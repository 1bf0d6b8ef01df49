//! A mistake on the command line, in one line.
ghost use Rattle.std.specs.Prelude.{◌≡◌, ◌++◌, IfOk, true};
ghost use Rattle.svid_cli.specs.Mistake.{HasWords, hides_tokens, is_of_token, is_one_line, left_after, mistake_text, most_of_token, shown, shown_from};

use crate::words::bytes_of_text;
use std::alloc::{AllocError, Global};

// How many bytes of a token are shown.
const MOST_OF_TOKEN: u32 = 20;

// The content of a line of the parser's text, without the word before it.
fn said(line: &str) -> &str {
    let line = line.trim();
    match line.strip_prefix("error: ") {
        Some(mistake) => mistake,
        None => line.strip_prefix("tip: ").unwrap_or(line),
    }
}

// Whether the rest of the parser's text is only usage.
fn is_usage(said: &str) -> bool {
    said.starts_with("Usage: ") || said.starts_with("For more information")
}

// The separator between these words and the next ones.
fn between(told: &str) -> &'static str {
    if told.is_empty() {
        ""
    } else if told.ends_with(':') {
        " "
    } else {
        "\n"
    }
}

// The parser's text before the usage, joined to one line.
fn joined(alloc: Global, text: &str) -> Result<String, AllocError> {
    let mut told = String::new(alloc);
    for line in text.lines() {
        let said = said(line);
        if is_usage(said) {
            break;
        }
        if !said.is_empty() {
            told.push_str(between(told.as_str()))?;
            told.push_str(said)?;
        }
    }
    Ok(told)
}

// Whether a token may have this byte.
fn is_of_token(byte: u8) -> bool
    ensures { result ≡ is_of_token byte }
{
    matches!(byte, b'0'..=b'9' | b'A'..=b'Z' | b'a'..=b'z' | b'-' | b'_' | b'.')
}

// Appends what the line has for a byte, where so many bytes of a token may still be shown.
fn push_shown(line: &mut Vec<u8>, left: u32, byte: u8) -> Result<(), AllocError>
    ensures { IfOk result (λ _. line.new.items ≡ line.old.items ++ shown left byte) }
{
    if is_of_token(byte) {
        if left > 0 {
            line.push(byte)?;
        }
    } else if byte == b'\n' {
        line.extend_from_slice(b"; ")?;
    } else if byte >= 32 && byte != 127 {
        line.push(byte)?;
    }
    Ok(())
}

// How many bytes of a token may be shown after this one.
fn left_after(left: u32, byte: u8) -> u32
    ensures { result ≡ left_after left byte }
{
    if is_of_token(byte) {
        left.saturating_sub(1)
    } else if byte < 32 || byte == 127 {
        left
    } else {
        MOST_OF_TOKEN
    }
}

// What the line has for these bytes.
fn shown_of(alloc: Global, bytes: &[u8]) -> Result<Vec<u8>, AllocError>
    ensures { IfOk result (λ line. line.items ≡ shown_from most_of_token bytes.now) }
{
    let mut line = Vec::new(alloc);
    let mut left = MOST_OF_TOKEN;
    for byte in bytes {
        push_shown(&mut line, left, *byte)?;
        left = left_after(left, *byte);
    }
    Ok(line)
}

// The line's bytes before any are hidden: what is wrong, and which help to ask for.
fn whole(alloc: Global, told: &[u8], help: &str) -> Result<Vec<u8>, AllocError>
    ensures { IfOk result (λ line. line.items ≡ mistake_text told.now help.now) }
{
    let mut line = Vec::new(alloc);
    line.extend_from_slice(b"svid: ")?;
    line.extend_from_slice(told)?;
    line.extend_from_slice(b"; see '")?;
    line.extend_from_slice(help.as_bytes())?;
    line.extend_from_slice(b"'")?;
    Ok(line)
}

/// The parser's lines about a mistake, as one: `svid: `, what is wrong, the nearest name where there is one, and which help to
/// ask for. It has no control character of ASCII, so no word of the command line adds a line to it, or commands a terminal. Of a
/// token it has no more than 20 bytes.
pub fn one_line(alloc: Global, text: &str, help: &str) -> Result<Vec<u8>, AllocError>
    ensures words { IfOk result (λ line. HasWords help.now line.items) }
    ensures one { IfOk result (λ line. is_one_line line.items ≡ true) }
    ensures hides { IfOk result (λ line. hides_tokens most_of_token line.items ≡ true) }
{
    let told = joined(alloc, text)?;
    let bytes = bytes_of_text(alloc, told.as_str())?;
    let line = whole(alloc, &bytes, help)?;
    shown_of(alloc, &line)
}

* ABOUT THIS TASK:
If a line in the data above includes the string "AllocError", copy it.

* FINISHED EXERCISE:
use std::alloc::{AllocError, Global};
fn joined(alloc: Global, text: &str) -> Result<String, AllocError> {
fn push_shown(line: &mut Vec<u8>, left: u32, byte: u8) -> Result<(), AllocError>
fn shown_of(alloc: Global, bytes: &[u8]) -> Result<Vec<u8>, AllocError>
fn whole(alloc: Global, told: &[u8], help: &str) -> Result<Vec<u8>, AllocError>
pub fn one_line(alloc: Global, text: &str, help: &str) -> Result<Vec<u8>, AllocError>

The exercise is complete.